I've alway wondered why in every keynote, Apple makes a point about the amount of money paid out to developers. This is what Tim Cook said this time:

"The appstore continues to exceed our expectations. Now, this is great for customers, they get the choice of some fantantic apps. But is also great for developes. We've now plaid out 6.5 billion dollars to developers. Its great for Apple to be able to reward their creativity and hard work, and their passion."

It draws attention not because of the ammount of money paid, but the way they make it sound - as if this was a gift out of pure generosity for developers, instead of their contractual obligation for their work. And they never mention how much money Apple makes by taking a 30% cut out of every sale, which IMO is a bit excessive, specially when one hears complaints about the vetting process and the way Apple handles some aspects of such relationship.
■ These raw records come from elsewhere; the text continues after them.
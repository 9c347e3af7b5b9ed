//! Reports of what is wrong.

use crate::places::LinePlaces;
use report_names::extents::piece_of;
use report_print::lines::{file_name, file_text};
use report_print::report::{Edit, Fix, Label, Note, Report};
use std::alloc::AllocError;
use text_json::Json;

/// Adds reports at a key, in order.
pub(crate) fn push_reports(
    json: &mut Json,
    places: &LinePlaces<'_>,
    key: &str,
    reports: &[Report],
) -> Result<(), AllocError> {
    json.begin_list_at(key)?;
    for report in reports {
        push_report(json, places, report)?;
    }
    json.end()
}

fn push_report(
    json: &mut Json,
    places: &LinePlaces<'_>,
    report: &Report,
) -> Result<(), AllocError> {
    json.begin_object()?;
    json.key_string("kind", report.kind)?;
    json.key_string("code", report.code)?;
    json.key_string("message", &report.message)?;
    push_labels(json, places, &report.labels)?;
    push_notes(json, "help", "help", &report.notes)?;
    push_notes(json, "witness", "note", &report.notes)?;
    push_fixes(json, places, &report.fixes)?;
    json.end()
}

// Adds fixes, the most likely first.
fn push_fixes(json: &mut Json, places: &LinePlaces<'_>, fixes: &[Fix]) -> Result<(), AllocError> {
    json.begin_list_at("fixes")?;
    for fix in fixes {
        json.begin_object()?;
        json.key_string("title", &fix.title)?;
        json.begin_list_at("edits")?;
        for edit in &fix.edits {
            push_edit(json, places, edit)?;
        }
        json.end()?;
        json.end()?;
    }
    json.end()
}

// Adds an edit: its file, the offsets where it begins and ends, and the new text.
fn push_edit(json: &mut Json, places: &LinePlaces<'_>, edit: &Edit) -> Result<(), AllocError> {
    let file = edit.place.pos().file;
    let text = file_text(places.files(), file);
    let Some((begin, end)) = piece_of(*edit.text.allocator(), text, edit.place)? else {
        return Ok(());
    };
    json.begin_object()?;
    json.key_string("file", file_name(places.files(), file))?;
    json.key_number("offset", begin)?;
    json.key_number("end", end)?;
    json.key_string("text", &edit.text)?;
    json.end()
}

// Adds places, the one first where a report is told.
fn push_labels(
    json: &mut Json,
    places: &LinePlaces<'_>,
    labels: &[Label],
) -> Result<(), AllocError> {
    json.begin_list_at("places")?;
    for label in labels {
        json.begin_object()?;
        places.push_place(json, label.pos)?;
        json.key_string("text", &label.text)?;
        json.end()?;
    }
    json.end()
}

// Adds the notes that begin with a word, at a key.
fn push_notes(json: &mut Json, key: &str, word: &str, notes: &[Note]) -> Result<(), AllocError> {
    json.begin_list_at(key)?;
    for note in notes {
        if note.word == word {
            json.string(&note.told()?)?;
        }
    }
    json.end()
}
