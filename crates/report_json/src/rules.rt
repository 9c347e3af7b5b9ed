//! Rules.

use crate::places::LinePlaces;
use crate::sites::{push_constraint, push_ids};
use cranelift_isle::trie_again::Rule;
use report_names::names::NameTables;
use std::alloc::AllocError;
use text_json::Json;

/// Adds what a rule is, and what it demands and makes.
pub(crate) fn push_rule(
    json: &mut Json,
    places: &LinePlaces<'_>,
    names: NameTables<'_>,
    rule: &Rule,
) -> Result<(), AllocError> {
    json.key_number("id", rule.id.index())?;
    push_rule_name(json, names, rule)?;
    places.push_place(json, rule.pos)?;
    json.key_integer("priority", rule.prio)?;
    push_demands(json, names, rule)?;
    push_ids(json, "impure", &rule.impure)?;
    json.key_number("result", rule.result.index())
}

// Adds the name that a rule is given, or `null`.
fn push_rule_name(json: &mut Json, names: NameTables<'_>, rule: &Rule) -> Result<(), AllocError> {
    match rule.name {
        Some(name) => json.key_string("name", names.sym(name)),
        None => json.key_null("name"),
    }
}

// Adds what a rule demands of sites, and which of them it demands to be equal.
fn push_demands(json: &mut Json, names: NameTables<'_>, rule: &Rule) -> Result<(), AllocError> {
    json.begin_list_at("constraints")?;
    for (site, constraint) in rule.constraints() {
        json.begin_object()?;
        json.key_number("site", site.index())?;
        push_constraint(json, names, *constraint)?;
        json.end()?;
    }
    json.end()?;
    push_classes(json, rule)
}

// Adds the lists of sites with equal values.
fn push_classes(json: &mut Json, rule: &Rule) -> Result<(), AllocError> {
    json.begin_list_at("equal")?;
    for class in rule.classes() {
        json.begin_list()?;
        for site in class {
            json.number(site.index())?;
        }
        json.end()?;
    }
    json.end()
}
Any developers care to comment?
 
You mean, as a form of douche-baggery?

Just trying to understand. Did you think the company would get on stage and say they paid $1,000 to developers? They need them to make money.
The hurdles of submitting an app to Apple are well known and a small price to pay to sell their products in the Apple store.
 
Just trying to understand. Did you think the company would get on stage and say they paid $1,000 to developers? They need them to make money.
The hurdles of submitting an app to Apple are well known and a small price to pay to sell their products in the Apple store.
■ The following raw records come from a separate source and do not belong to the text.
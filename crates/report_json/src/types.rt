//! Types and constants.

use crate::places::LinePlaces;
use cranelift_isle::sema::{Fields, Type, Variant};
use cranelift_isle::syntax::{self, Def, Extern, Ident};
use report_names::names::NameTables;
use std::alloc::AllocError;
use text_json::Json;

/// Adds the types that definitions make, in their order.
pub(crate) fn push_types(
    json: &mut Json,
    names: NameTables<'_>,
    places: &LinePlaces<'_>,
    defs: &[Def],
) -> Result<(), AllocError> {
    json.begin_list_at("types")?;
    for def in defs {
        if let Def::TypeDef(defined) = def {
            push_type(json, names, places, defined)?;
        }
    }
    json.end()
}

fn type_of_name<'a>(names: NameTables<'a>, name: &Ident) -> Option<&'a Type> {
    let id = names.tyenv.get_type_by_name(name)?;
    names.tyenv.types.get(id.index())
}

fn push_type(
    json: &mut Json,
    names: NameTables<'_>,
    places: &LinePlaces<'_>,
    defined: &syntax::Type,
) -> Result<(), AllocError> {
    let Some(ty) = type_of_name(names, &defined.name) else {
        return Ok(());
    };
    json.begin_object()?;
    json.key_string("name", names.ty(ty.id()))?;
    json.key_string("kind", word_of_kind(ty))?;
    json.key_string("declared", &defined.name.0)?;
    json.key_flag("extern", defined.is_extern)?;
    json.key_flag("nodebug", defined.is_nodebug)?;
    places.push_place(json, defined.pos)?;
    match ty {
        Type::Builtin(_) | Type::Primitive(..) => {}
        Type::Enum { variants, .. } => push_variants(json, names, places, variants)?,
        Type::Struct { fields, .. } => push_fields(json, names, fields)?,
    }
    json.end()
}

fn word_of_kind(ty: &Type) -> &'static str {
    match ty {
        Type::Builtin(_) => "builtin",
        Type::Primitive(..) => "primitive",
        Type::Enum { .. } => "enum",
        Type::Struct { .. } => "struct",
    }
}

fn push_variants(
    json: &mut Json,
    names: NameTables<'_>,
    places: &LinePlaces<'_>,
    variants: &[Variant],
) -> Result<(), AllocError> {
    json.begin_list_at("variants")?;
    for variant in variants {
        json.begin_object()?;
        json.key_string("name", names.sym(variant.name))?;
        places.push_place(json, variant.pos)?;
        push_fields(json, names, &variant.fields)?;
        json.end()?;
    }
    json.end()
}

// Adds the fields of a struct or a variant.
fn push_fields(json: &mut Json, names: NameTables<'_>, fields: &Fields) -> Result<(), AllocError> {
    json.begin_list_at("fields")?;
    match fields {
        Fields::Unit => {}
        Fields::Struct(fields) => {
            for field in &fields.fields {
                json.begin_object()?;
                json.key_string("name", names.sym(field.name))?;
                end_field(json, names.ty(field.ty))?;
            }
        }
        Fields::Tuple(fields) => {
            for field in &fields.fields {
                json.begin_object()?;
                json.key_null("name")?;
                end_field(json, names.ty(field.ty))?;
            }
        }
    }
    json.end()
}

fn end_field(json: &mut Json, ty: &str) -> Result<(), AllocError> {
    json.key_string("type", ty)?;
    json.end()
}

/// Adds the constants that are declared, in the order of the definitions.
pub(crate) fn push_constants(
    json: &mut Json,
    names: NameTables<'_>,
    places: &LinePlaces<'_>,
    defs: &[Def],
) -> Result<(), AllocError> {
    json.begin_list_at("constants")?;
    for def in defs {
        if let Def::Extern(Extern::Const { name, ty, pos }) = def {
            json.begin_object()?;
            json.key_string("name", &name.0)?;
            json.key_string("type", type_name(names, ty))?;
            places.push_place(json, *pos)?;
            json.end()?;
        }
    }
    json.end()
}

fn type_name<'a>(names: NameTables<'a>, name: &Ident) -> &'a str {
    match type_of_name(names, name) {
        Some(ty) => names.ty(ty.id()),
        None => "?",
    }
}
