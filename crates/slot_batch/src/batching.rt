//! Encoding and decoding.

ghost use Rattle.std.specs.Prelude.{◌≡◌, ℕ, ℤ};
ghost use Rattle.set_table.specs.Sets.{plain_of};
ghost use Rattle.ring_law.specs.Rows.{IsReduced, RowRepresents, row_polynomial};
ghost use Rattle.bfv_model.specs.Slots.{slots_of};

use crate::places::{read_slots, write_slots};
use bfv_params::Context;

/// Replaces the row by the N coefficients of the plaintext whose slots are the values, all modulo the plaintext modulus t. The
/// first half of the values are row 0 of the slots, and the others row 1.
pub fn encode<const N: usize>(ctx: &Context<N>, values: &[u64; N], row: &mut [u64; N])
    requires { IsReduced N (plain_of (ctx.now).set) values.now }
    ensures slots { slots_of (ctx.now).set (row_polynomial row.new) ≡ values.now }
    ensures unique { (m : ℕ → ℤ) → slots_of (ctx.now).set m ≡ values.now → RowRepresents N (plain_of (ctx.now).set) row.new m }
    ensures reduced { IsReduced N (plain_of (ctx.now).set) row.new }
{
    let transform = ctx.plain_transform();
    write_slots(values, row);
    transform.inverse(row);
}

/// Replaces the values by the N slots of the plaintext with these coefficients, all modulo the plaintext modulus t, in the same
/// order.
pub fn decode<const N: usize>(ctx: &Context<N>, row: &[u64; N], values: &mut [u64; N])
    requires { IsReduced N (plain_of (ctx.now).set) row.now }
    ensures { values.new ≡ slots_of (ctx.now).set (row_polynomial row.now) }
{
    let mut entries = *row;
    ctx.plain_transform().forward(&mut entries);
    read_slots(&entries, values);
}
I understand it's all business, and that many developers benefit from the appstore... but I wonder if "reward" the developers is a fair way to put it. In my view, putting it like that is disingenuous. It's not a reward, it's their money...
 
I understand it's all business, and that many developers benefit from the appstore... but I wonder if "reward" the developers is a fair way to put it. In my view, putting it like that is disingenuous. It's not a reward, it's their money...
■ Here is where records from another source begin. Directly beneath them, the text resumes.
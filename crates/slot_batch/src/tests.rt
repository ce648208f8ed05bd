//! Slots that were worked out by their definition, and round trips in each set.

ghost use Rattle.std.specs.Prelude.{◌≡◌, ◌<◌};
ghost use Rattle.set_table.specs.Sets.{degree_of};
ghost use Rattle.ring_law.specs.Rows.{IsReduced};

use super::*;
use bfv_params::Context;
use set_table::SetName;
use std::alloc::Global;
use std::process::Abort;
use std::test::Fail;

// The first slots of X are the powers 136^(3^i) modulo 257, and the others the inverses of these.
#[test]
fn slots_are_values_at_powers_of_the_root(rt: HostRuntime) -> Result<(), Fail> {
    let ctx = Context::<16>::new(rt.alloc(), SetName::Toy16)?;
    let mut slots = [0; 16];
    decode(
        &ctx,
        &[0, 1, 0, 0, 0, 0, 0, 0, 0, 0, 0, 0, 0, 0, 0, 0],
        &mut slots,
    );
    assert_eq!(rt;
        slots,
        [
            136, 197, 137, 68, 121, 60, 120, 189, 240, 227, 242, 223, 17, 30, 15, 34
        ]
    );
    decode(
        &ctx,
        &[1, 2, 3, 4, 5, 6, 7, 8, 9, 10, 11, 12, 13, 14, 15, 16],
        &mut slots,
    );
    assert_eq!(rt;
        slots,
        [
            28, 196, 79, 141, 210, 41, 85, 12, 12, 146, 256, 102, 254, 199, 248, 63
        ]
    );
    Ok(())
}

// Words all over the range below t, with some at its ends.
fn fill<const N: usize>(t: u64, row: &mut [u64; N])
    requires { 0 < t }
    ensures { IsReduced N t row.new }
{
    let mut word: u64 = 1;
    for i in 0..N {
        word = word
            .wrapping_mul(0x5851_f42d_4c95_7f2d)
            .wrapping_add(0x1405_7b7e_f767_814f);
        row[i] = match word % 5 {
            0 => t - 1,
            1 => 0,
            _ => word % t,
        };
    }
}

fn check_round_trips<const N: usize>(
    rt: &impl Abort,
    alloc: Global,
    set: SetName,
) -> Result<(), Fail>
    requires { N ≡ degree_of set }
{
    let ctx = Context::<N>::new(alloc, set)?;
    let (mut given, mut there, mut back) = ([0; N], [0; N], [0; N]);
    fill(set.plain(), &mut given);
    encode(&ctx, &given, &mut there);
    decode(&ctx, &there, &mut back);
    assert_eq!(rt; back, given, "values in {}", set.text());
    decode(&ctx, &given, &mut there);
    encode(&ctx, &there, &mut back);
    assert_eq!(rt; back, given, "coefficients in {}", set.text());
    Ok(())
}

#[test]
fn encoding_and_decoding_undo_each_other(rt: HostRuntime) -> Result<(), Fail> {
    check_round_trips::<16>(&rt, rt.alloc(), SetName::One16)?;
    check_round_trips::<16>(&rt, rt.alloc(), SetName::Toy16)?;
    check_round_trips::<4096>(&rt, rt.alloc(), SetName::S4096)?;
    check_round_trips::<8192>(&rt, rt.alloc(), SetName::S8192)?;
    check_round_trips::<16384>(&rt, rt.alloc(), SetName::S16384)
}
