//! Values modulo the plaintext modulus t, and the plaintexts that carry them in their slots.
//!
//! The slots of a plaintext are its values at the odd powers of the root, which are the entries of its transform in
//! another order. The laws of sums, products and turns are those of the definition, `law_of_slots` of `bfv_model`.
#![tactic(auto)]

mod batching;
mod places;
#[cfg(test)]
mod tests;

pub use batching::{decode, encode};
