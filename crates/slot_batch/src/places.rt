//! The order of the slots among the entries of a transform.

ghost use Rattle.std.specs.Prelude.{◌≡◌, ℕ, suc, ◌^◌, ◌<◌, ◌≤◌, length, slice_index};
ghost use Rattle.ring_law.specs.Transform.{bit_reversal};
ghost use Rattle.bfv_model.specs.Slots.{slot_place};

/// Reverses the binary digits of j, of which there are k where n is `2^k`.
fn reversed_digits(n: usize, j: usize) -> usize
    requires { 0 < n }
    ensures below { result < n }
    ensures digits { (k : ℕ) → n ≡ 2 ^ k → result ≡ bit_reversal k j }
{
    let mut reversed = 0;
    let mut rest = j;
    let mut span = n;
    while span > 1 {
        reversed = 2 * reversed + rest % 2;
        rest /= 2;
        span /= 2;
    }
    reversed
}

/// Takes the slots of a plaintext out of its transform.
pub fn read_slots<const N: usize>(entries: &[u64; N], values: &mut [u64; N])
    requires { N ≤ 32768 }
    ensures len { length values.new ≡ N }
    ensures slots { (log i : ℕ) → N ≡ 2 ^ suc (suc log) → i < N
        → slice_index values.new i ≡ slice_index entries.now (slot_place (suc (suc log)) i) }
{
    let mut power = 1;
    for i in 0..N / 2 {
        let place = reversed_digits(N, power / 2);
        values[i] = entries[place];
        values[N / 2 + i] = entries[N - 1 - place];
        power = 3 * power % (2 * N);
    }
}

/// Makes the transform of the plaintext with these slots.
pub fn write_slots<const N: usize>(values: &[u64; N], entries: &mut [u64; N])
    requires { N ≤ 32768 }
    ensures { (log i : ℕ) → N ≡ 2 ^ suc (suc log) → i < N
        → slice_index entries.new (slot_place (suc (suc log)) i) ≡ slice_index values.now i }
{
    let mut power = 1;
    for i in 0..N / 2 {
        let place = reversed_digits(N, power / 2);
        entries[place] = values[i];
        entries[N - 1 - place] = values[N / 2 + i];
        power = 3 * power % (2 * N);
    }
}
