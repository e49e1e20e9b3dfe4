//! Laws over the definitions of `specs/`: functions without effects.

ghost use Rattle.std.specs.Prelude.{◌≡◌, ◌↔◌, ◌<◌, ◌≤◌, ℕ, ◌+◌, ◌-◌, ◌/◌, ◌==◌, ◌&&◌, not, Bool, true, false, List, ◌++◌, length, filter, count_by, Ok};
ghost use Rattle.std.specs.List.{list_any, range_with_len};
ghost use Rattle.edge_base.specs.declared.geometry.Request.{Request};
ghost use Rattle.edge_base.specs.layout.Bytes.{number_at};
ghost use Rattle.edge_base.specs.layout.Places.{is_inline_of, imap_nodes_of, table_start_of};
ghost use Rattle.edge_base.specs.layout.Sizes.{node_bits};
ghost use Rattle.edge_base.specs.tree.Chains.{is_on_chain};
ghost use Rattle.edge_base.specs.tree.Counting.{LeadTo};
ghost use Rattle.edge_base.specs.tree.Positions.{Position, same_position, has, count_of, positions_of};
ghost use Rattle.edge_base.specs.layout.Spelling.{PointerNode, SpellsPointer, pointer_in};

/// Reading answers a pointer node exactly where the block spells it.
pub fn reads_the_spelled_pointer_node()
    ensures { (g : Request) (double : Bool) (b : List ℕ) (node : PointerNode)
        → length b ≡ g.block_size
        → (pointer_in g double b ≡ Ok node)
        ↔ SpellsPointer g double (number_at 8 8 b) node.owner node.entries b }
{}

/// Where the bitmap is in imap nodes, each block from the inode table on has a bit in one of them.
pub fn each_block_has_a_bit()
    ensures { (g : Request) → 16 < g.block_size → is_inline_of g ≡ false → (b : ℕ)
        → table_start_of g ≤ b → b < g.blocks
        → (b - table_start_of g) / node_bits g.block_size < imap_nodes_of g }
{}

/// The test of positions is equality.
pub fn same_position_is_equality()
    ensures { (p q : Position) → (same_position p q ≡ true) ↔ (p ≡ q) }
{}

/// Two lists have together what the second has, and what the first has that is new.
pub fn position_counts()
    ensures { (ps qs : List Position)
        → count_of (ps ++ qs) ≡ count_of (filter (λ p. not (has qs p)) ps) + count_of qs }
{}

/// Lists with the same positions have as many.
pub fn same_members_count_the_same()
    ensures { (ps qs : List Position) → ((p : Position) → has ps p ≡ has qs p)
        → count_of ps ≡ count_of qs }
{}

/// A list whose positions another list has too has no more.
pub fn fewer_members_count_no_more()
    ensures { (ps qs : List Position) → ((p : Position) → has ps p ≡ true → has qs p ≡ true)
        → count_of ps ≤ count_of qs }
{}

/// Numbers that positions lead to are as many as the positions. With the rest they are the whole
/// range, also where some are led to in one way and others in another.
pub fn numbers_count_as_positions()
    ensures passing { (f : Position → ℕ) (ps : List Position) (test : ℕ → Bool) (a n : ℕ)
        → LeadTo f ps test a n → count_by test (range_with_len a n) ≡ count_of ps }
    ensures rest { (f : Position → ℕ) (ps : List Position) (test : ℕ → Bool) (a n : ℕ)
        → LeadTo f ps test a n
        → count_by (λ b. not (test b)) (range_with_len a n) + count_of ps ≡ n }
    ensures two_ways { (f h : Position → ℕ) (ps qs : List Position) (one two : ℕ → Bool) (a n : ℕ)
        → LeadTo f ps one a n → LeadTo h qs two a n → ((b : ℕ) → one b ≡ true → two b ≡ false)
        → count_by (λ b. not (one b) && not (two b)) (range_with_len a n) + count_of ps
        + count_of qs ≡ n }
{}

/// A node has the positions that are on the chains of its data blocks, and no others.
pub fn positions_are_on_chains()
    ensures { (g : Request) (x : ℕ) (indices : List ℕ) (p : Position)
        → has (positions_of g x indices) p
        ≡ ((p.number == x) && list_any (is_on_chain g p.form p.index) indices) }
{}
True. PR is like a magician, it's all about misdirection. Apple wants to make people think developing for them brings in millions for each developer. On average most developers don't make much money but Apple can't tell people that. Of the 700,000 apps how many make real money?
 
Are you friggen serious? Now were gonna knock the choice of words.
This site is really going to *****.
 
Reward may be a poor choice of words and seems mighty of Apple because their developers cannot simply do it all. They need developers and they need their visions. Not every dev out there (or at Apple) can do everything and some of the apps are genius (and some not so much). I don't think it is douche-baggery to say reward so much as it does come across as though they're directly responsible for the dev's success. All they provide is a platform to code on and a way to understand that platform. The reward is being able to develop apps for Apple devices. Short of that, the rest is purely profit for Apple and hard earned money for devs. I do think that all of this is useless to over-analyze. They used reward and that is that; it doesn't change anything and shouldn't really piss anyone off.
 
They put your App in front of 300 million+ iOS devices. They handle all the storage and distribution. You make the App, they do the rest. Try doing that on your own, and I bet it costs more than 30%. 90% of that money likely would not have been made without the App store. You can have your opinions on it, but one can hardly complain about the opportunity that App store offers small developers.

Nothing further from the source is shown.